André Vadon

Personal information
- Born: 22 June 1934 Marseille, France
- Died: 18 September 2024 (aged 90)

Playing information
- Height: 5 ft 8 in (1.73 m)
- Weight: 12 st 10 lb (81 kg)
- Position: hooker
Club
| Years | Team | Pld | T | G | FG | P |
| 19??–19?? | Cavaillon |  |  |  |  |  |
| 19??–57 | Bataillon de Joinville |  |  |  |  |  |
| 1957–66 | Albi |  |  |  |  |  |
| 1966–?? | Cavaillon |  |  |  |  |  |
|  | Total | 0 | 0 | 0 | 0 | 0 |
Representative
| Years | Team | Pld | T | G | FG | P |
| 1960–63 | France | 8 | 2 | 0 | 0 | 0 |
- Source: As of 12 February 2021

= André Vadon =

France rugby league footballer (1934–2024)

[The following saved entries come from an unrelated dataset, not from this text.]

//! The script of a workload.
ghost use Rattle.std.specs.Prelude.{◌≡◌, length};

use crate::command::Command;
use cell_model::TableDecl;
use isolation_spec::History;
use std::marker::Model;

/// A workload: the tables, how many sessions and workers run, what each session asks in each round,
/// and the commits that its store begins with.
#[derive(Debug, Drop)]
pub struct Script {
    /// The version of the workload format: 1 or 2.
    pub version: u32,
    pub tables: Tables,
    pub sessions: u32,
    pub workers: u32,
    /// How many turns each worker makes in each round.
    pub turns: u32,
    pub rounds: Rounds,
    /// The commits that the store begins with: none in a workload as it is written.
    pub begun: History,
}

/// The declared tables, in order.
#[derive(Debug, Drop)]
pub struct Tables {
    tables: Vec<TableDecl>,
}

impl Model for Tables {
    ghost use Rattle.std.specs.Prelude.{List};
    ghost use Rattle.std.specs.Coded.{coded_list};
    ghost use Rattle.cell_model.specs.declared.table.TableDecl.{TableDecl as Declared};
    ghost use Rattle.cell_model.specs.contracts.table.TableDecl.{the_row};

    ghost Value = { List Declared };

    ghost coded = { coded_list the_row.coded };

    ghost view = { λ t. t.tables.items };
}

impl From<Vec<TableDecl>> for Tables {
    ghost use Rattle.std.specs.Prelude.{◌≡◌};

    ghost from_gives = { λ items t. t ≡ items.items };

    /// The vector as it is, without a copy.
    fn from(tables: Vec<TableDecl>) -> Tables {
        Tables { tables }
    }
}

impl Tables {
    /// Gives the vector back.
    pub fn into_vec(self) -> Vec<TableDecl>
        ensures { result.items ≡ self }
    {
        let Tables { tables } = self;
        tables
    }

    /// The tables, in order.
    pub fn as_slice(&self) -> &[TableDecl]
        ensures { result.now ≡ self.now }
    {
        self.tables.as_slice()
    }

    /// How many tables there are.
    pub fn len(&self) -> usize
        ensures { result ≡ length self.now }
    {
        self.tables.len()
    }
}

/// A line of a round: a session, counted from 1, and its command.
#[derive(Debug, Drop)]
pub struct Line {
    pub session: u32,
    pub command: Command,
}

/// The lines of a round, in order.
#[derive(Debug, Drop)]
pub struct Round {
    lines: Vec<Line>,
}

impl Model for Round {
    ghost use Rattle.std.specs.Prelude.{List};
    ghost use Rattle.std.specs.Coded.{coded_list};
    ghost use Rattle.workload_spec.specs.declared.script.Line.{Line as LineValue};
    ghost use Rattle.workload_spec.specs.contracts.script.Line.{the_row};

    ghost Value = { List LineValue };

    ghost coded = { coded_list the_row.coded };

    ghost view = { λ r. r.lines.items };
}

impl From<Vec<Line>> for Round {
    ghost use Rattle.std.specs.Prelude.{◌≡◌};

    ghost from_gives = { λ items t. t ≡ items.items };

    /// The vector as it is, without a copy.
    fn from(lines: Vec<Line>) -> Round {
        Round { lines }
    }
}

impl Round {
    /// Gives the vector back.
    pub fn into_vec(self) -> Vec<Line>
        ensures { result.items ≡ self }
    {
        let Round { lines } = self;
        lines
    }

    /// The lines of the round, in order.
    pub fn as_slice(&self) -> &[Line]
        ensures { result.now ≡ self.now }
    {
        self.lines.as_slice()
    }

    /// How many lines there are.
    pub fn len(&self) -> usize
        ensures { result ≡ length self.now }
    {
        self.lines.len()
    }
}

/// The rounds of a workload, in order.
#[derive(Debug, Drop)]
pub struct Rounds {
    rounds: Vec<Round>,
}

impl Model for Rounds {
    ghost use Rattle.std.specs.Prelude.{List};
    ghost use Rattle.std.specs.Coded.{coded_list};
    ghost use Rattle.workload_spec.specs.declared.script.Line.{Line as LineValue};
    ghost use Rattle.workload_spec.specs.contracts.script.Line.{the_row};

    ghost Value = { List (List LineValue) };

    ghost coded = { coded_list (coded_list the_row.coded) };

    ghost view = { λ r. r.rounds.items };
}

impl From<Vec<Round>> for Rounds {
    ghost use Rattle.std.specs.Prelude.{◌≡◌};

    ghost from_gives = { λ items t. t ≡ items.items };

    /// The vector as it is, without a copy.
    fn from(rounds: Vec<Round>) -> Rounds {
        Rounds { rounds }
    }
}

impl Rounds {
    /// Gives the vector back.
    pub fn into_vec(self) -> Vec<Round>
        ensures { result.items ≡ self }
    {
        let Rounds { rounds } = self;
        rounds
    }

    /// The rounds, in order.
    pub fn as_slice(&self) -> &[Round]
        ensures { result.now ≡ self.now }
    {
        self.rounds.as_slice()
    }

    /// How many rounds there are.
    pub fn len(&self) -> usize
        ensures { result ≡ length self.now }
    {
        self.rounds.len()
    }
}

/// Why a line is none of a workload: the first word or rule on it that fails.
#[derive(Clone, Copy, Debug, PartialEq, Eq)]
pub enum Cause {
    /// The first line is neither `store 1` nor `store 2`.
    Version,
    /// A table line is wanting, or there is one too many.
    Table,
    /// A table's or a column's name is none.
    Name,
    /// A table's or a column's name stands twice.
    Twice,
    /// The first column is not `key:i64`.
    Key,
    /// A column's kind is none.
    Kind,
    /// There are more than 32 columns.
    Columns,
    /// The slots of a block are out of their limits.
    Slots,
    /// The blocks of a table are out of their limits.
    Blocks,
    /// The sessions line is none.
    Sessions,
    /// The workers line is none.
    Workers,
    /// The line `go` is wanting.
    Go,
    /// A line of a round does not begin with a session.
    Session,
    /// A command is none, or has too many or too few words.
    Command,
    /// A command names no declared table.
    Unknown,
    /// A key is no number.
    Number,
    /// A cell does not fit its column.
    Cell,
    /// A command's block is none of its table.
    Block,
    /// A total's column is none of its table, or has no numbers.
    Column,
    /// A second export.
    Export,
    /// The last line does not end.
    Line,
    /// The line that parts a workload from its output is wanting.
    Parting,
}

André Vadon (22 July 1934 – 18 September 2024) was a French rugby league footballer who played as hooker.

==Career==
Debuting for Cavaillon, he made his first steps at the French Championship. He was later called up for the conscription and played for Bataillon de Joinville for two years. Subsequently, Vadon joined the Albi club, where he constituted a formidable forward pack alongside Guy Berthomieu, Jean-Marie Bez, Marcel Bescos and Honoré Conti. Three times he disputed the French Championship final winning two titles in 1958 and 1962 and losing one in 1960 against Roanne with its top players Jean Barthe and Claude Mantoulan. In 1966, he returned to Cavaillon following Georges Fages, to end his career.

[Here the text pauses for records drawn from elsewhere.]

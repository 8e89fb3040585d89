//! Names that nodes are given.

ghost use Rattle.std.specs.Prelude.{◌≡◌, option_map};
ghost use Rattle.std.specs.Str.{chars};

use semantic_syntax::NodeId;

/// Which nodes are given names, and which names.
pub trait GivenNames {
    ghost use Rattle.std.specs.Prelude.{ℕ, List, Option};

    /// The name of each node that is given one.
    ghost given: { Self → ℕ → Option (List ℕ) };

    /// The name that the node is given, if any.
    fn name_of(&self, node: NodeId) -> Option<&str>
        ensures { option_map (λ name. chars name.now) result ≡ given self.now node };
}
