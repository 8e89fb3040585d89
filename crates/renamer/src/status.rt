//! How the program ends.
ghost use Rattle.std.specs.Prelude.{◌≡◌};
ghost use Rattle.program_ends.specs.Codes.{code_of};
ghost use Rattle.renamer.specs.Codes.{end_of};
ghost use Rattle.renamer.specs.declared.status.RenameStatus.{RenameStatus};

use program_ends::{Status, Stop};

/// How the program ends.
#[derive(Clone, Copy, Debug, PartialEq, Eq)]
pub enum RenameStatus {
    /// The renamed program is written.
    Done = 0,
    /// The words aren't a symbol's number and a name.
    Usage = 2,
    /// The input is no program.
    Tree = 3,
    /// The input is too long.
    TooLong = 4,
    /// A call on the source failed.
    Read = 5,
    /// A call on the sink failed.
    Write = 6,
    /// Memory is wanting.
    Memory = 7,
    /// The symbol doesn't get the name.
    Refused = 8,
}

impl RenameStatus {
    /// The exit status: 0, or one from 2 to 8.
    pub fn code(self) -> u8
        ensures code { result ≡ code_of (end_of self) }
        // No other status has it.
        ensures own { (other : RenameStatus) → code_of (end_of other) ≡ result → other ≡ self }
    {
        self as u8
    }
}

impl Status for RenameStatus {
    ghost use Rattle.renamer.specs.Codes.{end_of};

    ghost end_of = { end_of };

    fn of_stop(stop: Stop) -> Self {
        match stop {
            Stop::Usage => RenameStatus::Usage,
            Stop::Tree => RenameStatus::Tree,
            Stop::TooLong => RenameStatus::TooLong,
            Stop::Read => RenameStatus::Read,
            Stop::Write => RenameStatus::Write,
            Stop::Memory => RenameStatus::Memory,
        }
    }

    fn is_answer(self) -> bool {
        matches!(self, RenameStatus::Done)
    }
}
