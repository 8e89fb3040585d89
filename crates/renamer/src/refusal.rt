//! Why a request isn't done.

use crate::error::RenameError;
use report_ends::ReportError;
use semantic_syntax::{NodeId, SymbolId};
use std::alloc::AllocError;

/// Why a symbol of a program that was read doesn't get a name.
#[derive(Clone, Copy, Debug)]
pub(crate) enum Refusal {
    /// The program has no such symbol.
    NoSymbol(SymbolId),
    /// No symbol gets such a name.
    BadName,
    /// Others see the name, by what this node says.
    Fixed(NodeId),
    /// This node would mean another symbol.
    Differs(NodeId),
}

/// Why a request isn't done.
#[derive(Debug, Drop)]
pub(crate) enum RequestError {
    /// It is refused.
    Refused(Refusal),
    /// It can't be answered: no program is read, or the answer isn't written, or memory is wanting.
    Stopped(ReportError),
}

impl From<ReportError> for RequestError {
    ghost use Rattle.std.specs.Prelude.{◌≡◌};
    ghost use Rattle.renamer.specs.declared.refusal.RequestError.TheVariants.{Stopped};

    ghost from_gives = { λ cause error. error ≡ Stopped cause };

    fn from(cause: ReportError) -> Self {
        RequestError::Stopped(cause)
    }
}

impl From<AllocError> for RequestError {
    ghost use Rattle.std.specs.Prelude.{◌≡◌};
    ghost use Rattle.report_ends.specs.declared.error.ReportError.TheVariants.{Memory};
    ghost use Rattle.renamer.specs.declared.refusal.RequestError.TheVariants.{Stopped};

    ghost from_gives = { λ _ error. error ≡ Stopped Memory };

    fn from(_: AllocError) -> Self {
        RequestError::Stopped(ReportError::Memory)
    }
}

impl From<RenameError> for RequestError {
    ghost use Rattle.std.specs.Prelude.{◌≡◌};
    ghost use Rattle.renamer.specs.Answers.{error_of};

    ghost from_gives = { λ refused error. error ≡ error_of refused };

    fn from(refused: RenameError) -> Self {
        match refused {
            RenameError::BadName => RequestError::Refused(Refusal::BadName),
            RenameError::Fixed(node) => RequestError::Refused(Refusal::Fixed(node)),
            RenameError::Differs(node) => RequestError::Refused(Refusal::Differs(node)),
            RenameError::Memory(_) => RequestError::Stopped(ReportError::Memory),
        }
    }
}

Scouted very soon, he was a junior international for France in March 1954 with Jean Vergès (XIII Catalan), Gilbert Alberti (Carcassonne), Georges Fages (Albi), Jean Rouqueirol (Avignon) and his teammates for Cavaillon René Ovili and Jean Leydier.
Before a tour of France, Vadon was deemed responsible for pushing a referee Vic Belsham, who collided with Alain Perducat. Said incident had Vadon and Perducat banned from returning to New Zealand.
After his sports career, Vadon occupied important roles at FFR XIII. In 1978, he was appointed to the coaching staff of the French national team alongside Roger Garrigue, Pierre Escourrou and José Calle, until 1981, alongside Michel Maïque, Francis Lévy and Jean-Pierre Clar.
Thanks to his club-level performances, he represented France between 1956 and 1961, taking part at the 1960 Rugby League World Cup.

==Personal life and death==
Outside the pitch, Vadon worked as farmer. He died on 18 September 2024, at the age of 90.

==Honours==
===As player===
- Team honours :
  - French Champion in 1958 and 1962 (Albi)
  - Runner-up at the French Championship : 1960 (Toulouse).